Even if primary cancer recurs in a different place of the body, recurrent cancer is designated for the area where it first appeared. If breast cancer recurs distantly in the liver, for example, it is still referred to as breast cancer rather than liver cancer. It’s referred to as metastatic breast cancer by doctors. Despite treatment, many people with kidney cancer eventually develop cancer recurrence and incurable metastatic illness.

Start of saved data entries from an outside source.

ghost use Rattle.std.specs.Prelude.{◌≡◌, ◌≢◌, ◌+◌, ◌/◌, ◌%◌, ◌<◌, ◌↔◌, ◌⊎◌, IsTrue, MatchOption, true, false, [], take, length};
ghost use Rattle.std.specs.Str.{all_ascii_digits};
ghost use Rattle.std.specs.List.Sorted.{IsStrictlySortedBy};
ghost use Rattle.ga_base.specs.Days.{eight_digits};
ghost use Rattle.ga_base.specs.Layers.{HasForm, IsDayOrPart, IsPartOfDay, has_groups, has_requests};
ghost use Rattle.ga_base.specs.Orders.{key_cmp, name_cmp};
ghost use Rattle.ga_base.specs.declared.panel.Panel.TheVariants.{Visitors};
ghost use Rattle.ga_summary.specs.SummaryParts.{row_of_part, rows_in};
ghost use Rattle.ga_summary.specs.SummaryRows.{has_name};
ghost use Rattle.ga_summary.specs.Steps.Passing.{AllAmong, IsBehind, StandsAlone};
ghost use Rattle.ga_summary.specs.Steps.Places.{Rises};

use crate::PartRow;
use crate::names::find_name;
use crate::order::{compare_keys, compare_names};
use ga_base::{Key, Name, Panel};

/// The first number of eight digits.
const FIRST_DAY: u32 = 10_000_000;

/// The last number of eight digits.
const LAST_DAY: u32 = 99_999_999;

/// The ASCII digit of a number at a power of ten.
fn digit(number: u32, power: u32) -> u8
    requires { 0 < power }
    ensures { result ≡ 48 + number / power % 10 }
{
    b'0' + (number / power % 10) as u8
}

/// The eight digits of a day.
fn day_digits(date: u32) -> [u8; 8]
    ensures { result ≡ eight_digits date }
{
    [
        digit(date, 10_000_000),
        digit(date, 1_000_000),
        digit(date, 100_000),
        digit(date, 10_000),
        digit(date, 1_000),
        digit(date, 100),
        digit(date, 10),
        digit(date, 1),
    ]
}

/// Whether these are the digits that a part of a day has after its day's: two or four.
fn are_part_digits(more: &[u8]) -> bool
    ensures { IsTrue result ↔ (all_ascii_digits more.now ≡ true) × ((length more.now ≡ 2) ⊎ (length more.now ≡ 4)) }
{
    match more {
        [a, b] => a.is_ascii_digit() && b.is_ascii_digit(),
        [a, b, c, d] => {
            a.is_ascii_digit() && b.is_ascii_digit() && c.is_ascii_digit() && d.is_ascii_digit()
        }
        _ => false,
    }
}

/// Whether a label is that of a part of a day with these digits.
fn is_part_of_day(label: &[u8], day: &[u8; 8], date: u32) -> bool
    requires { day.now ≡ eight_digits date }
    ensures { IsTrue result ↔ IsPartOfDay date label.now }
{
    match label.strip_prefix(day.as_slice()) {
        Some(more) => are_part_digits(more),
        None => false,
    }
}

/// Whether a parent and a label are those of a day in VISITORS, or of a part of it.
fn is_day_or_part(date: u32, parent: &[u8], label: &[u8]) -> bool
    ensures { IsTrue result ↔ IsDayOrPart date parent.now label.now }
{
    let day = day_digits(date);
    if parent.is_empty() {
        label == day.as_slice()
    } else {
        parent == day.as_slice() && is_part_of_day(label, &day, date)
    }
}

/// Whether the keys of a panel have the method and the protocol.
fn has_requests(panel: Panel) -> bool
    ensures { result ≡ has_requests panel }
{
    matches!(
        panel,
        Panel::Requests | Panel::RequestsStatic | Panel::NotFound
    )
}

/// Whether a key's parent goes with its panel, and in VISITORS its label too.
fn has_parent_form(key: &Key) -> bool
    ensures { IsTrue result
        ↔ (key.now.panel ≡ Visitors → IsDayOrPart key.now.date key.now.parent key.now.label)
        × (key.now.panel ≢ Visitors → (key.now.parent ≡ []) ↔ (has_groups key.now.panel ≡ false)) }
{
    match key.panel {
        Panel::Visitors => is_day_or_part(key.date, key.parent.bytes(), key.label.bytes()),
        _ => key.parent.bytes().is_empty() != key.panel.has_groups(),
    }
}

/// Whether a key's method and protocol are empty, where its panel has none.
fn has_request_form(key: &Key) -> bool
    ensures { IsTrue result ↔ (has_requests key.now.panel ≡ false → (key.now.method ≡ []) × (key.now.protocol ≡ [])) }
{
    has_requests(key.panel) || (key.method.bytes().is_empty() && key.protocol.bytes().is_empty())
}

/// Whether a key has its form.
fn has_form(key: &Key) -> bool
    ensures { IsTrue result ↔ HasForm key.now }
{
    FIRST_DAY <= key.date && key.date <= LAST_DAY && has_parent_form(key) && has_request_form(key)
}

/// Whether names rise.
fn names_rise(names: &[Name]) -> bool
    ensures { IsTrue result ↔ IsStrictlySortedBy name_cmp names.now }
{
    names.is_sorted_by(|a, b| compare_names(a, b).is_lt())
}

/// Whether a row can stand as far as it is seen by itself.
pub(crate) fn stands_alone(row: &PartRow) -> bool
    ensures { IsTrue result ↔ StandsAlone (row_of_part row.now) }
{
    let names = row.names.items();
    has_form(&row.key)
        && names_rise(names)
        && row.sums.hits >= 1
        && names.len() as u64 <= row.sums.hits
}

/// Whether the key at a place is above those before it, which rise.
pub(crate) fn key_rises(rows: &[PartRow], at: usize) -> bool
    requires within { at < length rows.now }
    requires rising { Rises key_cmp (λ row. row.key) (rows_in (take at rows.now)) }
    ensures { IsTrue result ↔ Rises key_cmp (λ row. row.key) (rows_in (take (at + 1) rows.now)) }
{
    at == 0 || compare_keys(&rows[at - 1].key, &rows[at].key).is_lt()
}

/// The names after a name among names that rise, or None where it isn't there.
fn behind<'a>(names: &'a [Name], name: &Name) -> Option<&'a [Name]>
    requires { IsStrictlySortedBy name_cmp names.now }
    ensures { MatchOption result (has_name names.now name.now ≡ false) (λ rest. IsBehind names.now name.now rest.now) }
{
    match find_name(names, name) {
        Ok(at) => Some(&names[at + 1..]),
        Err(_) => None,
    }
}

/// Whether each of the names is among the others, where both rise. Each is searched after the one found last.
pub(crate) fn all_among(names: &[Name], among: &[Name]) -> bool
    requires rising { IsStrictlySortedBy name_cmp names.now }
    requires rising_among { IsStrictlySortedBy name_cmp among.now }
    ensures { IsTrue result ↔ AllAmong names.now among.now }
{
    let mut left = among;
    for name in names {
        match behind(left, name) {
            Some(rest) => left = rest,
            None => return false,
        }
    }
    true
}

The most frequent type of kidney cancer is Renal Cell Carcinoma (RCC). RCC is responsible for over 90% of all kidney malignancies. The appearance of cancer cells when viewed under a microscope helps to recognize the various forms of RCC. Knowing the RCC subtype can help the doctor assess if the cancer is caused by an inherited genetic condition and help to choose the best treatment option. The three most prevalent RCC subtypes are as follows:

  • Clear cell RCC
  • Papillary RCC
  • Chromophobe RCC

Clear Cell RCC (ccRCC) is the most prevalent subtype of RCC. The cells are clear or pale in appearance and are referred to as the clear cell or conventional RCC. Around 70% of people with renal cell cancer have ccRCC. The rate of growth of these cells might be sluggish or rapid. According to the American Society of Clinical Oncology (ASCO), clear cell RCC responds favorably to treatments like immunotherapy and treatments that target specific proteins or genes.

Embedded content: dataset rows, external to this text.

//! Each public name, called at its crate with its arguments: where one changes, this crate is refused. No crate is above it.
//!
//! What the calls answer, their contracts say. A function here asks for what the call in it asks for, and no more. Each variant
//! and each field is named once.
#![tactic(auto)]

pub mod base;
pub mod batches;
pub mod databases;
pub mod json;
pub mod lines;
pub mod outside;
pub mod requests;
pub mod runs;
pub mod summaries;
pub mod tables;
pub mod tool;
pub mod words;
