ghost use Rattle.std.specs.Prelude.{◌≡◌, Some};
ghost use Rattle.ga_summary.specs.Faults.{not_sound_line};
ghost use Rattle.ga_summary.specs.declared.not_sound.NotSound.TheVariants.{NoMemory as NotSoundNoMemory};

use ga_base::NoMemory;
use std::alloc::{AllocError, AllocFailed};
use std::error::Error;
use std::fmt;

/// Why parts make no summary.
#[derive(Clone, Copy, Debug, PartialEq, Eq)]
pub enum NotSound {
    /// With the row at this place, from 0, the rows are no longer in order and sound; or this is the number of rows,
    /// which are, and the totals don't go with them.
    NotSound { at: u64 },
    /// Out of memory.
    NoMemory,
}

impl fmt::Display for NotSound {
    ghost output = { λ fault. Some (not_sound_line fault) };

    fn fmt<W: fmt::Write>(&self, f: &mut fmt::Formatter<W>) -> fmt::Result {
        match self {
            NotSound::NotSound { at } => write!(f, "not sound at row {at}"),
            NotSound::NoMemory => f.write_str("no memory"),
        }
    }
}

impl Error for NotSound {}

impl From<NoMemory> for NotSound {
    ghost from_gives = { λ _ e. e ≡ NotSoundNoMemory };

    fn from(_: NoMemory) -> NotSound {
        NotSound::NoMemory
    }
}

impl From<AllocError> for NotSound {
    ghost from_gives = { λ _ e. e ≡ NotSoundNoMemory };

    fn from(_: AllocError) -> NotSound {
        NotSound::NoMemory
    }
}

impl<T: Drop> From<AllocFailed<T>> for NotSound {
    ghost from_gives = { λ _ e. e ≡ NotSoundNoMemory };

    fn from(_: AllocFailed<T>) -> NotSound {
        NotSound::NoMemory
    }
}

Researchers at Columbia University’s Vagelos College of Physicians and Surgeons have developed a novel method for identifying which patients are most likely to have cancer relapse following surgery.

The study

Their findings are detailed in a study published in the journal Cell entitled, “Single-Cell Protein Activity Analysis Identifies Recurrence-Associated Renal Tumor Macrophages.” The researchers show that the presence of a previously unknown type of immune cell in kidney tumors can predict who will have cancer recurrence.

According to co-senior author Charles Drake, MD, PhD, adjunct professor of medicine at Columbia University Vagelos College of Physicians and Surgeons and the Herbert Irving Comprehensive Cancer Center,

the findings imply that the existence of these cells could be used to identify individuals at high risk of disease recurrence following surgery who may be candidates for more aggressive therapy.

As Aleksandar Obradovic, an MD/PhD student at Columbia University Vagelos College of Physicians and Surgeons and the study’s co-first author, put it,

it’s like looking down over Manhattan and seeing that enormous numbers of people from all over travel into the city every morning. We need deeper details to understand how these different commuters engage with Manhattan residents: who are they, what do they enjoy, where do they go, and what are they doing?

To learn more about the immune cells that invade kidney cancers, the researchers employed single-cell RNA sequencing. Obradovic remarked,

In many investigations, single-cell RNA sequencing misses up to 90% of gene activity, a phenomenon known as gene dropout.

The researchers next tackled gene dropout by designing a prediction algorithm that can identify which genes are active based on the expression of other genes in the same family. “Even when a lot of data is absent owing to dropout, we have enough evidence to estimate the activity of the upstream regulator gene,” Obradovic explained. “It’s like when playing ‘Wheel of Fortune,’ because I can generally figure out what’s on the board even if most of the letters are missing.”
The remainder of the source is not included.